WHAT IS BEING ASKED:
Report each line from the listing that the string "Paths" appears in.
--- DATA TO USE Enclosed Below ---
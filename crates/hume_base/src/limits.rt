//! How large the parts of a program and of a run may be. Definitions, contracts and code name these numbers.

/// Bytes of a source.
pub const MAX_SOURCE_BYTES: usize = 262_144;

/// Tokens of a source.
pub const MAX_TOKENS: usize = 65_536;

/// Bytes of a name.
pub const MAX_NAME_BYTES: usize = 32;

/// Bytes of the name of a port outside.
pub const MAX_PORT_NAME_BYTES: usize = 255;

/// How deep a type, a pattern or an expression may be.
pub const MAX_DEPTH: u32 = 64;

/// Bits of an `int` or a `nat`.
pub const MAX_WIDTH: u8 = 64;

/// Elements of a vector.
pub const MAX_LENGTH: u32 = 1_024;

/// Parts of a tuple.
pub const MAX_PARTS: usize = 16;

/// Parameters of a function.
pub const MAX_PARAMETERS: usize = 16;

/// Fields of a constructor.
pub const MAX_FIELDS: usize = 16;

/// Constructors of a data type: each takes a token of the source.
pub const MAX_CONSTRUCTORS: usize = 65_536;

/// Words of a type that a source writes down.
pub const MAX_TYPE_WORDS: u32 = 1_024;

/// Functions of a program.
pub const MAX_FUNCTIONS: usize = 256;

/// Exceptions of a program, with the three that every program has.
pub const MAX_EXCEPTIONS: usize = 64;

/// Exceptions that a program declares.
pub const MAX_DECLARED_EXCEPTIONS: usize = 61;

/// Boxes and streams of a program.
pub const MAX_NODES: usize = 256;

/// Inputs of a box.
pub const MAX_INPUTS: usize = 16;

/// Outputs of a box.
pub const MAX_OUTPUTS: usize = 16;

/// Rules of a box.
pub const MAX_RULES: usize = 64;

/// Wires of a program.
pub const MAX_WIRES: usize = 1_024;

/// Values that a wire holds.
pub const MAX_WIRE_DEPTH: u32 = 16;

/// Words of the values that all wires of a program hold together.
pub const MAX_WIRE_WORDS: u32 = 65_536;

/// Words of heap that a box takes.
pub const MAX_HEAP_WORDS: u32 = 65_536;

/// Words of stack that a box takes.
pub const MAX_STACK_WORDS: u32 = 16_384;

/// Words of heap and stack that all boxes of a program take together.
pub const MAX_SPACE_WORDS: u32 = 4_194_304;

/// Instructions that an execute step of a box runs.
pub const MAX_WORK: u32 = 1_000_000;

/// Bytes of a line that an input stream reads.
pub const MAX_LINE_BYTES: usize = 65_536;

/// Empty lines in a row that an input stream reads.
pub const MAX_EMPTY_LINES: u32 = 65_536;

/// Supersteps of a run.
pub const MAX_SUPERSTEPS: u32 = 1_000_000;

/// Workers of a run or of a demo.
pub const MAX_WORKERS: u32 = 16;
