ghost use Rattle.std.specs.Prelude.{◌≡◌, ◌+◌, ◌*◌, ◌≤◌};
ghost use Rattle.hume_base.specs.Sizes.{size_of, written_size, HaveTheirSizes};

use crate::limits::MAX_TYPE_WORDS;
use crate::types::{Ty, Types};

/// The words of a type; one more than a written type may have for any greater size.
#[tactic(auto, using(crate::proofs::Sizes::size_steps))]
pub fn size(types: &Types, ty: &Ty) -> u32
    requires { HaveTheirSizes types.now }
    ensures { result ≡ written_size (size_of types.now ty.now) }
{
    match ty {
        Ty::Bool => 1,
        Ty::Char => 1,
        Ty::Int(_) => 1,
        Ty::Nat(_) => 1,
        Ty::Tuple(parts) => {
            let mut total = 0;
            for part in parts.as_slice() {
                total = sum_up_to_limit(total, size(types, part));
            }
            total
        }
        Ty::Vector(count, item) => product_up_to_limit(*count, size(types, item)),
        Ty::Named(number) => match types.sums.get(*number as usize) {
            Some(sum) => sum.words,
            None => 0,
        },
    }
}

fn sum_up_to_limit(left: u32, right: u32) -> u32
    requires left { left ≤ MAX_TYPE_WORDS + 1 }
    requires right { right ≤ MAX_TYPE_WORDS + 1 }
    ensures { result ≡ written_size (left + right) }
{
    (left + right).min(MAX_TYPE_WORDS + 1)
}

fn product_up_to_limit(count: u32, words: u32) -> u32
    requires { words ≤ MAX_TYPE_WORDS + 1 }
    ensures { result ≡ written_size (count * words) }
{
    if count > MAX_TYPE_WORDS && words > 0 {
        MAX_TYPE_WORDS + 1
    } else {
        (count * words).min(MAX_TYPE_WORDS + 1)
    }
}
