//! The tests of a pattern and where its variables are found, as data.
ghost use Rattle.std.specs.Prelude.{◌≡◌, ◌++◌, ◌∷◌, [], IfOk};
ghost use Rattle.box_code.specs.Paths.{WordIs, TagIs, root as root_at, field_of_spot};
ghost use Rattle.box_code.specs.Represents.{spot_of};
ghost use Rattle.box_compile.specs.inner.Tests.{test_of};

use hume_base::List;
use std::alloc::{AllocError, Global};
use std::marker::Model;

/// Where a word is found: from the word at a place, counted from the bottom of the frame, by a path of field numbers.
#[derive(Drop)]
pub(crate) struct Spot {
    place: u32,
    path: List<u32>,
}

impl Model for Spot {
    ghost use Rattle.box_code.specs.Paths.{Spot};

    ghost Value = { Spot };

    ghost view = { λ spot. record { place = spot.place; path = spot.path } };
}

impl Spot {
    /// The word at the place itself.
    pub(crate) fn root(alloc: Global, place: u32) -> Spot
        ensures { result ≡ root_at place }
    {
        Spot {
            place,
            path: List::new(alloc),
        }
    }

    pub(crate) fn copy(&self, alloc: Global) -> Result<Spot, AllocError>
        ensures { IfOk result (λ spot. spot ≡ self.now) }
    {
        let path = copy_numbers(alloc, self.path.as_slice())?;
        Ok(Spot {
            place: self.place,
            path,
        })
    }

    /// The field of that number of the object there.
    pub(crate) fn field(&self, alloc: Global, number: u32) -> Result<Spot, AllocError>
        ensures { IfOk result (λ spot. spot ≡ field_of_spot self.now number) }
    {
        let mut path = copy_numbers(alloc, self.path.as_slice())?;
        path.push(number)?;
        Ok(Spot {
            place: self.place,
            path,
        })
    }

    pub(crate) fn place(&self) -> u32
        ensures { result ≡ self.now.place }
    {
        self.place
    }

    pub(crate) fn path(&self) -> &[u32]
        ensures { result.now ≡ self.now.path }
    {
        self.path.as_slice()
    }
}

fn copy_numbers(alloc: Global, numbers: &[u32]) -> Result<List<u32>, AllocError>
    ensures { IfOk result (λ copy. copy ≡ numbers.now) }
{
    Ok(List::from_vec(numbers.to_vec(alloc)?))
}

/// What a word or an object must be, or which tag.
#[derive(Clone, Copy)]
pub(crate) enum Wanted {
    Word(u64),
    Tag(u32),
}

/// A test of the word at a spot.
#[derive(Drop)]
pub(crate) struct Test {
    spot: Spot,
    wanted: Wanted,
}

impl Model for Test {
    ghost use Rattle.box_code.specs.Paths.{Test};
    ghost use Rattle.box_compile.specs.inner.Tests.{test_of};

    ghost Value = { Test };

    ghost view = { λ test. test_of test.spot test.wanted };
}

impl Test {
    pub(crate) fn word(spot: Spot, word: u64) -> Test
        ensures { result ≡ WordIs spot word }
    {
        Test {
            spot,
            wanted: Wanted::Word(word),
        }
    }

    pub(crate) fn tag(spot: Spot, tag: u32) -> Test
        ensures { result ≡ TagIs spot tag }
    {
        Test {
            spot,
            wanted: Wanted::Tag(tag),
        }
    }

    pub(crate) fn spot(&self) -> &Spot
        ensures { result.now ≡ spot_of self.now }
    {
        &self.spot
    }

    pub(crate) fn wanted(&self) -> Wanted
        ensures { test_of (spot_of self.now) result ≡ self.now }
    {
        self.wanted
    }
}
--- End of Enclosed DATA TO USE ---
WRITTEN RESPONSE:
ghost use Rattle.box_code.specs.Paths.{WordIs, TagIs, root as root_at, field_of_spot};
    ghost use Rattle.box_code.specs.Paths.{Spot};
    ghost use Rattle.box_code.specs.Paths.{Test};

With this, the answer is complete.